As can be seen from the above table, there's no technical reason that sufficient functionality to build a complete image can't be upstreamed to coreboot itself: with the exception of ramstage.stage—which is actually just another copy of a binary generated by the coreboot build system—everything that needs to be added to the coreboot-generated image is either a binary blob or compiles without depending on any part of coreboot besides libpayload.
There is error-prone duplication in the image layout configuration
Because image assembly is currently a multistage process, several offsets and sizes need to be duplicated across multiple configuration files; if these files are not manually kept in step, the process can result in an obviously broken (e.g. part or all of coreboot or the CBFS is overwritten with another binary) or more subtly broken (e.g. coreboot assumes an FMAP exists at a particular flash location, but when it attempts to find it at runtime, it isn't there). To make matters worse, the redundant configuration parameters are stored in separate repositories, so checking out a different version of one boot component can silently result in a mismatch. Adding insult to injury, one of said configurations is stored in binary form within the IFD, which forces us to check in an IFD blob for each boardmaking it even more difficult to rearrange the flash layout.
Why you should care (how this pertains to all coreboot users)
Short answer: For owners of certain Chromebooks/Chromeboxes: it would make it easier to build upstream coreboot for their devices, as well as easier to upstream more boards. For everyone else: the Chromium OS firmware includes several features that are generally useful, and landing tools for building Chromebook/Chromebox images would enable other users to easily add modular, precompiled components to their image builds. This would allow them to avoid maintaining separate, last-mile build systems that use separate configuration files, and hence make it easier to apply coreboot to advanced and unconventional setups.
The benefits reach beyond the mere construction of a firmware image, however: on many modern systems, integrating flashmap support will make it easier to flash images onto the board. For example, on recent x86 platforms, the Intel Management Engine reads its firmware from a section of the flash memory.
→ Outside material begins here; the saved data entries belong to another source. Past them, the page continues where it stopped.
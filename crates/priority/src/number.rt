//! The number kind: a whole number from 1 to 255, and 1 is highest.
ghost use Rattle.std.specs.Prelude.{◌≡◌, ◌≤◌, IfOk};
ghost use Rattle.refusal.specs.Refusals.{refusal_of, first_refusal};
ghost use Rattle.priority.specs.Kinds.{number_reaches, number_refusals};
ghost use Rattle.std.proofs.Common.{rules};

use crate::Priority;
use refusal::Refusal;

/// A priority from 1, the highest, to 255.
#[derive(Clone, Copy, PartialEq, Eq, Debug)]
pub struct Number {
    value: u8,
    ghost ranged: { 1 ≤ value },
}

impl Number {
    /// The priority of that number, or refusal 11 outside 1 to 255.
    pub fn new(value: u16) -> Result<Number, Refusal>
        ensures answer { refusal_of result ≡ first_refusal (number_refusals value) }
        ensures value { IfOk result (λ n. n.value ≡ value) }
    {
        if value == 0 || value > 255 {
            return Err(Refusal::ValueRange);
        }
        Ok(Number { value: value as u8 })
    }

    /// The number it was made from.
    pub fn value(&self) -> u16
        ensures { result ≡ self.now.value }
    {
        u16::from(self.value)
    }
}

impl Priority for Number {
    ghost reaches = { λ a b. number_reaches a.value b.value };

    ghost total = { Prim.search rules };

    ghost transitive = { Prim.search rules };

    fn at_least(&self, other: &Number) -> bool {
        self.value <= other.value
    }
}
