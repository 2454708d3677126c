//! Priorities: what it takes to be one, the station's two kinds, and rankings of any kind.
#![tactic(auto)]

ghost use Rattle.std.specs.Prelude.{◌≡◌, Bool, true, ◌||◌};

pub mod house;
pub mod number;
pub mod places;
pub mod ranking;
#[cfg(test)]
mod tests;

/// A kind of priority: a sort of value with one question, which keeps two laws.
pub trait Priority: Sized {
    /// The first is at least as high as the second.
    ghost reaches: { Self → Self → Bool };

    /// Whether this priority is at least as high as the other.
    fn at_least(&self, other: &Self) -> bool
        ensures { result ≡ reaches self.now other.now };

    // Of any two values one is at least as high as the other.
    ghost total: { (a b : Self) → (reaches a b || reaches b a) ≡ true };

    // What is at least as high as b is at least as high as all that b is at least as high as.
    ghost transitive: { (a b c : Self) → reaches a b ≡ true → reaches b c ≡ true → reaches a c ≡ true };
}
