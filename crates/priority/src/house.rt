//! The house kind: a class from 0 to 3 and the weeks waited, 0 to 520. The lower class is higher,
//! and within a class the longer wait.
ghost use Rattle.std.specs.Prelude.{◌≡◌, ◌≤◌, IfOk};
ghost use Rattle.refusal.specs.Refusals.{refusal_of, first_refusal};
ghost use Rattle.priority.specs.Kinds.{house_reaches, house_refusals};
ghost use Rattle.std.proofs.Common.{rules};

use crate::Priority;
use refusal::Refusal;

/// A class and the weeks waited in it.
#[derive(Clone, Copy, PartialEq, Eq, Debug)]
pub struct House {
    class: u8,
    weeks: u16,
    ghost class_ranged: { class ≤ 3 },
    ghost weeks_ranged: { weeks ≤ 520 },
}

impl House {
    /// The priority of that class and wait, or refusal 11 outside 0 to 3 and 0 to 520.
    pub fn new(class: u16, weeks: u16) -> Result<House, Refusal>
        ensures answer { refusal_of result ≡ first_refusal (house_refusals class weeks) }
        ensures value { IfOk result (λ h. (h.class ≡ class) × (h.weeks ≡ weeks)) }
    {
        if class > 3 || weeks > 520 {
            return Err(Refusal::ValueRange);
        }
        Ok(House {
            class: class as u8,
            weeks,
        })
    }

    /// The class it was made from.
    pub fn class(&self) -> u16
        ensures { result ≡ self.now.class }
    {
        u16::from(self.class)
    }

    /// The weeks it was made from.
    pub fn weeks(&self) -> u16
        ensures { result ≡ self.now.weeks }
    {
        self.weeks
    }
}

impl Priority for House {
    ghost reaches = { λ a b. house_reaches a.class a.weeks b.class b.weeks };

    ghost total = { Prim.search rules };

    ghost transitive = { Prim.search rules };

    fn at_least(&self, other: &House) -> bool {
        self.class < other.class || (self.class == other.class && self.weeks >= other.weeks)
    }
}
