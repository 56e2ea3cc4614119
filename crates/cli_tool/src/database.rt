//! The database in a file.
ghost use Rattle.std.specs.Prelude.{◌≡◌, Ok, Err, IfOk};
ghost use Rattle.cli_tool.specs.FoundDatabase.{FindsDatabase};
ghost use Rattle.cli_tool.specs.DatabaseInFile.{refusal_answer};
ghost use Rattle.db_text.specs.DatabaseOfText.{in_text, in_database};
ghost use Rattle.cli_tool.specs.Asked.{answer_in};

use crate::answer::{Answer, Why};
use crate::naming::names_sym;
use crate::reporting::{database_refusal, refusal};
use can_model::{CheckKind, TextKind};
use cg_out::{Memory, Text};
use db_check::Checked;
use db_text::{DatabaseFault, read_dbc};
use std::alloc::Global;

/// The database that the text of a file is, or the answer that refuses it.
pub fn database_in<'a>(
    alloc: Global,
    file: &'a [u8],
    text: &[u8],
) -> Result<Result<Checked, Answer<'a>>, Memory>
    ensures { IfOk result (FindsDatabase file.now text.now) }
{
    if names_sym(file) {
        return Ok(Err(refused_text(alloc, file, TextKind::NotYet, 0)?));
    }
    match read_dbc(alloc, text) {
        Ok(checked) => Ok(Ok(checked)),
        Err(DatabaseFault::Text { kind, line }) => Ok(Err(refused_text(alloc, file, kind, line)?)),
        Err(
            DatabaseFault::Check {
                kind,
                line,
                message,
                signal,
            },
        ) => {
            let answer = refused_database(alloc, file, kind, line, &message, &signal)?;
            Ok(Err(answer))
        }
        Err(DatabaseFault::Memory) => Err(Memory),
    }
}

/// The refusal of a text.
fn refused_text<'a>(
    alloc: Global,
    file: &'a [u8],
    kind: TextKind,
    line: u32,
) -> Result<Answer<'a>, Memory>
    ensures { IfOk result (λ a. answer_in a ≡ refusal_answer (in_text (record { kind = kind; line = line }))) }
{
    let why = Why {
        file,
        line,
        column: None,
        message: kind.message(),
    };
    Ok(Answer::Refused(refusal(alloc, kind, line)?, why))
}

/// The refusal of a database; a name that does not apply is empty.
fn refused_database<'a>(
    alloc: Global,
    file: &'a [u8],
    kind: CheckKind,
    line: u32,
    message: &Text,
    signal: &Text,
) -> Result<Answer<'a>, Memory>
    ensures { IfOk result (λ a. answer_in a ≡ refusal_answer
        (in_database (record { kind = kind; line = line; message = message.now; signal = signal.now }))) }
{
    let report = database_refusal(alloc, kind, line, message.bytes(), signal.bytes())?;
    let why = Why {
        file,
        line,
        column: None,
        message: kind.message(),
    };
    Ok(Answer::Refused(report, why))
}
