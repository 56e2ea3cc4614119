//! What the name of a file says.
ghost use Rattle.std.specs.Prelude.{◌≡◌, ◌-◌, ◌++◌, length, drop, map, IfOk};
ghost use Rattle.std.specs.Char.{to_ascii_lowercase};
ghost use Rattle.cli_tool.specs.FileName.{base_name, stem_of, database_name, header_path, source_path, is_sym};

use cg_out::{Memory, Text};
use command_words::up_to_last_of;
use name_rules::identifier;
use std::alloc::Global;

/// The name of a file without its folders.
pub fn base(path: &[u8]) -> &[u8]
    ensures { result.now ≡ base_name path.now }
{
    &path[up_to_last_of(b'/', path)..]
}

fn stem(base: &[u8]) -> &[u8]
    ensures { result.now ≡ stem_of base.now }
{
    let end = up_to_last_of(b'.', base);
    if end > 1 { &base[..end - 1] } else { base }
}

/// The name of the database in a file: the identifier of the bytes after the last `/` and before
/// the last `.` that is not the first of them.
#[tactic(auto, unfolding(crate::specs::FileName::database_name))]
pub fn name(alloc: Global, path: &[u8]) -> Result<Text, Memory>
    ensures { IfOk result (λ t. t ≡ database_name path.now) }
{
    identifier(alloc, stem(base(path)))
}

/// The file that the header is written to.
#[tactic(auto, unfolding(crate::specs::FileName::header_path))]
pub fn header_file(alloc: Global, path: &[u8]) -> Result<Vec<u8>, Memory>
    ensures { IfOk result (λ v. v.items ≡ header_path path.now) }
{
    named_file(alloc, path, b".h")
}

/// The file that the source is written to.
#[tactic(auto, unfolding(crate::specs::FileName::source_path))]
pub fn source_file(alloc: Global, path: &[u8]) -> Result<Vec<u8>, Memory>
    ensures { IfOk result (λ v. v.items ≡ source_path path.now) }
{
    named_file(alloc, path, b".c")
}

/// The name of the database and an ending.
fn named_file(alloc: Global, path: &[u8], ending: &[u8]) -> Result<Vec<u8>, Memory>
    ensures { IfOk result (λ v. v.items ≡ database_name path.now ++ ending.now) }
{
    let name = name(alloc, path)?;
    let mut file = Vec::from_slice(alloc, name.bytes())?;
    file.extend_from_slice(ending)?;
    Ok(file)
}

/// Whether the path is that of a SYM file.
pub fn names_sym(path: &[u8]) -> bool
    ensures { result ≡ is_sym path.now }
{
    last_four(path).eq_ignore_ascii_case(b".sym")
}

fn last_four(bytes: &[u8]) -> &[u8]
    ensures { result.now ≡ drop (length bytes.now - 4) bytes.now }
{
    &bytes[bytes.len().saturating_sub(4)..]
}
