//! How a run ends.
ghost use Rattle.std.specs.Prelude.{◌≡◌};

/// How a run ends; the program exits with its code.
#[derive(Clone, Copy, Debug, PartialEq, Eq)]
pub enum Status {
    /// The command was done, and its report was written.
    Done,
    /// The command was done, and its answer is no: `exec` met undefined behaviour.
    Negative,
    /// The words are no command, or no function of the texts with its arguments.
    Usage,
    /// A text was refused, and the report says why.
    Refused,
    /// A file could not be read or written; nothing was reported.
    FileFault,
    /// The report could not be written.
    OutFault,
    /// Memory ran out; nothing was written.
    NoMemory,
}

impl Status {
    ghost use Rattle.cli_tool.specs.Status.{code_of};

    /// The exit status of the program.
    pub fn code(&self) -> u8
        ensures { result ≡ code_of self.now }
    {
        match self {
            Status::Done => 0,
            Status::Negative => 1,
            Status::Usage => 2,
            Status::Refused => 3,
            Status::FileFault => 4,
            Status::OutFault => 5,
            Status::NoMemory => 6,
        }
    }
}
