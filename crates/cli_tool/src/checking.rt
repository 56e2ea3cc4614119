//! The answer of `check`.
ghost use Rattle.std.specs.Prelude.{◌≡◌, ◌≤◌, [], ◌∷◌, length, IfOk};
ghost use Rattle.c_text.specs.Refusal.{Gives};
ghost use Rattle.c_text.specs.Preprocessing.{preprocessed_texts};
ghost use Rattle.c_types.specs.FirstFault.{typed_texts};
ghost use Rattle.c_mean.specs.FirstFault.{unit_of_texts};
ghost use Rattle.c_types.specs.UnitTypes.{faults_under};
ghost use Rattle.c_widths.specs.DataModel.{models};
ghost use Rattle.cli_tool.specs.CheckTask.{check_work};
ghost use Rattle.cli_tool.specs.Report.{c_refusal_report};
ghost use Rattle.cli_tool.specs.Task.{refused as refusal};
ghost use Rattle.cli_tool.specs.Asked.{answer_in};

use crate::answer::{Answer, Why};
use crate::column::column_of;
use crate::naming::base;
use crate::reporting::{c_refusal, fine};
use c_lexer::{SOURCE_LIMIT, tokens};
use c_mean::{CFault, CKind, Place, Preprocessed, Unit};
use c_parser::unit;
use c_pre::expand;
use c_types::check;
use cg_out::Memory;
use std::alloc::Global;

/// What the texts of a header and a source give: they have no fault, or are refused for their
/// first. They are lent up to here, since a person is told its column.
pub fn checked<'a>(
    alloc: Global,
    header: &'a [u8],
    source: &'a [u8],
    header_text: &[u8],
    source_text: &[u8],
) -> Result<Answer<'a>, Memory>
    requires header_fits { length header_text.now ≤ SOURCE_LIMIT }
    requires source_fits { length source_text.now ≤ SOURCE_LIMIT }
    ensures { IfOk result (λ a. answer_in a ≡ check_work header.now (header_text.now ∷ source_text.now ∷ [])) }
{
    match typed_unit_of(alloc, header_text, base(header), source_text) {
        Ok(_) => Ok(Answer::Outcome(true, Vec::new(alloc), fine(alloc)?)),
        Err(CFault::Fault { kind, place }) => refused(
            alloc,
            kind,
            place,
            (header, header_text),
            (source, source_text),
        ),
        Err(CFault::Memory) => Err(Memory),
    }
}

/// The refusal of the header or the source, each a file with its text, for a fault.
pub fn refused<'a>(
    alloc: Global,
    kind: CKind,
    place: Place,
    header: (&'a [u8], &[u8]),
    source: (&'a [u8], &[u8]),
) -> Result<Answer<'a>, Memory>
    requires header_fits { length header.1.now ≤ SOURCE_LIMIT }
    requires source_fits { length source.1.now ≤ SOURCE_LIMIT }
    ensures { IfOk result (λ a. answer_in a ≡ refusal (c_refusal_report (record { kind = kind; place = place }))) }
{
    let report = c_refusal(alloc, kind, place)?;
    let why = if place.header {
        why_of(kind, place, header.0, header.1)
    } else {
        why_of(kind, place, source.0, source.1)
    };
    Ok(Answer::Refused(report, why))
}

/// Why the text of this file is refused.
fn why_of<'a>(kind: CKind, place: Place, file: &'a [u8], text: &[u8]) -> Why<'a>
    requires { length text.now ≤ SOURCE_LIMIT }
{
    Why {
        file,
        line: place.line,
        column: Some(column_of(text, place.start)),
        message: kind.message(),
    }
}

/// The unit that the texts are, without a fault of names and types under any data model.
#[tactic(auto, using(crate::proofs::FaultlessUnits::no_faults))]
pub fn typed_unit_of(
    alloc: Global,
    header: &[u8],
    name: &[u8],
    source: &[u8],
) -> Result<Unit, CFault>
    requires header_fits { length header.now ≤ SOURCE_LIMIT }
    requires source_fits { length source.now ≤ SOURCE_LIMIT }
    ensures unit { Gives (λ u. u) result (typed_texts header.now name.now source.now) }
    ensures faultless { IfOk result (λ u. faults_under models u ≡ []) }
{
    let unit = unit_of(alloc, header, name, source)?;
    check(alloc, &unit)?;
    Ok(unit)
}

/// The unit that the texts are.
fn unit_of(alloc: Global, header: &[u8], name: &[u8], source: &[u8]) -> Result<Unit, CFault>
    requires header_fits { length header.now ≤ SOURCE_LIMIT }
    requires source_fits { length source.now ≤ SOURCE_LIMIT }
    ensures { Gives (λ u. u) result (unit_of_texts header.now name.now source.now) }
{
    let left = left_of(alloc, header, name, source)?;
    unit(alloc, left.tokens.items())
}

/// What preprocessing leaves of the texts.
fn left_of(alloc: Global, header: &[u8], name: &[u8], source: &[u8]) -> Result<Preprocessed, CFault>
    requires header_fits { length header.now ≤ SOURCE_LIMIT }
    requires source_fits { length source.now ≤ SOURCE_LIMIT }
    ensures { Gives (λ x. x) result (preprocessed_texts header.now name.now source.now) }
{
    let header = tokens(alloc, header, true)?;
    let source = tokens(alloc, source, false)?;
    expand(alloc, &header, name, &source)
}
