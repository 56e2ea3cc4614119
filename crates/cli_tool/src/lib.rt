//! The command line's work: `run` takes the words, files and a sink, and carries the contract of
//! the whole program.
//!
//! ```text
//! run(alloc, &words, &mut files, &mut out)   // Status::Done, and the pair is written
//! ```
#![tactic(auto)]

mod answer;
mod arguments;
mod checking;
mod coding;
mod column;
mod command;
mod database;
mod executing;
mod generating;
mod naming;
mod performing;
mod reading;
mod reporting;
mod running;
mod status;
mod words;
mod writing;

pub use command_words::Word;
pub use running::run;
pub use status::Status;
Post-boot, access to this portion of the flash chip from the CPU is often completely disallowed; thus, it is impossible to perform actions such as reflashing that portion of the flash without an external debugger. Unless the coreboot build system is able to extract the flash layout from the existing image, crafting a replacement image that can be flashed from the host itself is very difficult. Including a flashmap in a standard format directly in the image would provide the foundations necessary for the build system to automatically construct images that could be flashed on such systems. However, in order to facilitate this future direction, it's important that whatever tools are added use the image's—rather than the source tree's—flashmap representation whenever possible, so that end users can easily construct their own images even if the latter cannot be redistributed to them.